I reconnect every morning when I go solo and in silence into the healing balm of Nature; or any time I go deep within during meditation; or when I experience the unconditional love which is most easily accessed when I’m with my daughters Bonnie and Tammy – in reality or in my mind.
It is when I feel that love and joy bubbling up and spilling over that I’m overwhelmed with a sense of peace and beauty. Love, joy, truth, peace and beauty are simply descriptions of the Divine and ultimately are all that matters. The love starts within ourselves and radiates out into the world, although each of us can access it in different ways, one of which might be music, be it Mozart or a classical rendition of Ave Maria.
I remember that one of the most hauntingly beautiful experiences on the Camino was in the pre-dawn darkness when I heard ethereal music floating towards me from a roadside shrine in a tiny village shrouded in darkness. It was breathtakingly beautiful and totally unexpected as I knew the village was not connected to the electricity grid, and wondered if the recording was made possible by stored solar or wind energy.
I think many pilgrims expect a profound mystical experience, perhaps seeing a bright beam of light from the heavens as they enter Santiago – and maybe it is like that for some.

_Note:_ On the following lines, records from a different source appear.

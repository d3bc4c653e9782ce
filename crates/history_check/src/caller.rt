//! The state of a caller after its entries so far: its stance, whether it has begun a transaction,
//! and its standing changes with the values before them. A change stands while no Undone entry has
//! taken it back. `callers.rt` numbers the transactions, across all callers. Invariant: the stance's
//! number of standing changes is the number of changes that are noted.
ghost use Rattle.std.specs.Prelude.{◌≡◌, ◌<◌, [], true, false, reverse, slice_get, vec_len, vec_capacity, is_some, OnOk};
ghost use Rattle.txn_words.specs.Kinds.{is_began};
ghost use Rattle.txn_words.specs.Shape.{closed_stance, row};
ghost use Rattle.txn_trace.specs.Legal.{runs};
ghost use Rattle.history_check.specs.Logs.{is_did, log_entered};

use std::alloc::{AllocError, Global};
use txn_trace::{Entry, Phase, Reply, Stance};

/// A caller: its stance, and whether it has begun a transaction. `changes` has the key of each
/// standing change and the key's value before the change, oldest change first.
#[derive(Drop)]
pub(crate) struct Caller {
    pub(crate) stance: Stance,
    pub(crate) has_begun: bool,
    pub(crate) changes: Vec<(u64, Reply)>,
    ghost all_noted: { vec_len changes ≡ stance.stance.standing },
}

impl Caller {
    ghost use Rattle.history_check.specs.Callers.{stance_of, log_in, HasRoom, Enters};

    /// A caller without a transaction. Takes no memory.
    pub(crate) fn new(alloc: Global) -> Caller
        ensures stance { stance_of result ≡ closed_stance }
        ensures log { log_in result ≡ [] }
        ensures begun { result.has_begun ≡ false }
    {
        Caller {
            stance: Stance::new(alloc),
            has_begun: false,
            changes: Vec::new(alloc),
        }
    }

    /// The phase of the caller's stance.
    #[inline(always)]
    pub(crate) fn phase(&self) -> Phase
        ensures { result ≡ (stance_of self.now).phase }
    {
        self.stance.phase()
    }

    /// Whether the caller is in a transaction.
    pub(crate) fn is_running(&self) -> bool
        ensures { result ≡ runs (stance_of self.now).phase }
    {
        !matches!(self.stance.phase(), Phase::Closed)
    }

    /// Returns true if the rule of shape allows this entry as the caller's next entry.
    #[inline(always)]
    pub(crate) fn allows(&self, entry: &Entry) -> bool
        ensures { result ≡ is_some (row (stance_of self.now) (stance_of self.now).phase entry.now) }
    {
        self.stance.allows(entry)
    }

    /// The newest standing change: its key, and the key's value before the change.
    #[inline(always)]
    pub(crate) fn newest(&self) -> Option<(u64, Reply)>
        ensures { result ≡ slice_get (log_in self.now) 0 }
    {
        self.changes.last().copied()
    }

    /// Makes room for the change that a Did entry may add, or for the savepoint that a Saved entry
    /// adds.
    #[inline(always)]
    pub(crate) fn reserve(&mut self, entry: &Entry) -> Result<(), AllocError>
        ensures stance { stance_of self.new ≡ stance_of self.old }
        ensures log { log_in self.new ≡ log_in self.old }
        ensures begun { self.new.has_begun ≡ self.old.has_begun }
        ensures ok { OnOk result (HasRoom entry.now self.new) }
    {
        match entry {
            Entry::Did(..) => self.changes.reserve(1),
            Entry::Saved(_) => self.stance.reserve_level(),
            _ => Ok(()),
        }
    }

    /// Enters an entry. The caller must allow the entry and must have room for it.
    #[inline(always)]
    pub(crate) fn enter(&mut self, entry: Entry)
        requires { HasRoom entry self.old }
        ensures { is_some (row (stance_of self.old) (stance_of self.old).phase entry) ≡ true →
            Enters entry self.old self.new }
    {
        let phase = self.stance.phase();
        self.has_begun |= begins(entry);
        if self.stance.enter(entry) {
            note(&mut self.changes, phase, entry);
        }
    }
}

/// Whether an entry begins a transaction.
#[inline(always)]
fn begins(entry: Entry) -> bool
    ensures { result ≡ is_began entry }
{
    matches!(entry, Entry::Began(..))
}

/// Updates the list of changes by an entry in this phase. A Did entry adds its change, if it makes
/// a change. An Undone entry drops the newest change. A Began, Committed or Aborted entry drops all
/// changes.
#[inline(always)]
fn note(changes: &mut Vec<(u64, Reply)>, phase: Phase, entry: Entry)
    requires { is_did entry ≡ true → vec_len changes.old < vec_capacity changes.old }
    ensures { reverse changes.new.items ≡ log_entered phase (reverse changes.old.items) entry }
{
    match entry {
        Entry::Did(_, reply) => {
            if let Phase::Waiting(op) = phase {
                if op.changes(reply) {
                    changes.push_reserved((op.key(), reply));
                }
            }
        }
        Entry::Undone(_) => {
            changes.pop();
        }
        Entry::Began(..) | Entry::Committed(..) | Entry::Aborted(_) => changes.clear(),
        _ => {}
    }
}
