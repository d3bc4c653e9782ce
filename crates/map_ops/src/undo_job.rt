//! Implements `UndoJob`, the trait of the jobs of an undo log, for the jobs of the table. The log's
//! world is the table. Only this module uses the crate `undo_log`, which knows nothing of tables.
//! Running a job costs a seek and one change at the position of the job's key, and takes no memory.
use crate::job::MapJob;
use crate::table::Table;
use undo_log::UndoJob;

impl UndoJob for MapJob {
    ghost use Rattle.map_ops.specs.Changes.{RunsJob, ShowsAfter, ShowsBefore};

    type World = Table;

    ghost shows_after = { ShowsAfter };

    ghost shows_before = { ShowsBefore };

    ghost takes_back = { λ job old new. RunsJob old new job };

    fn run(self, world: Table) -> Table {
        let mut table = world;
        table.take_back(self);
        table
    }
}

For me it was about the spark of divinity I recognised in others and the love given and received so spontaneously.
A friend commented that his lesson had been that everything he needed was offered on the Camino. He had food, water, shelter, companionship, inspiration and had also unexpectedly discovered love and romance along the way.
It was confirmation also that a simple life can be utterly joyful and inspiring.
More than anything my Camino was about a state of consciousness and raised awareness, or as one friend so aptly said: “It is a moving Findhorn with so many like-minded souls seeking a common objective.”
Whatever the question, love is the answer.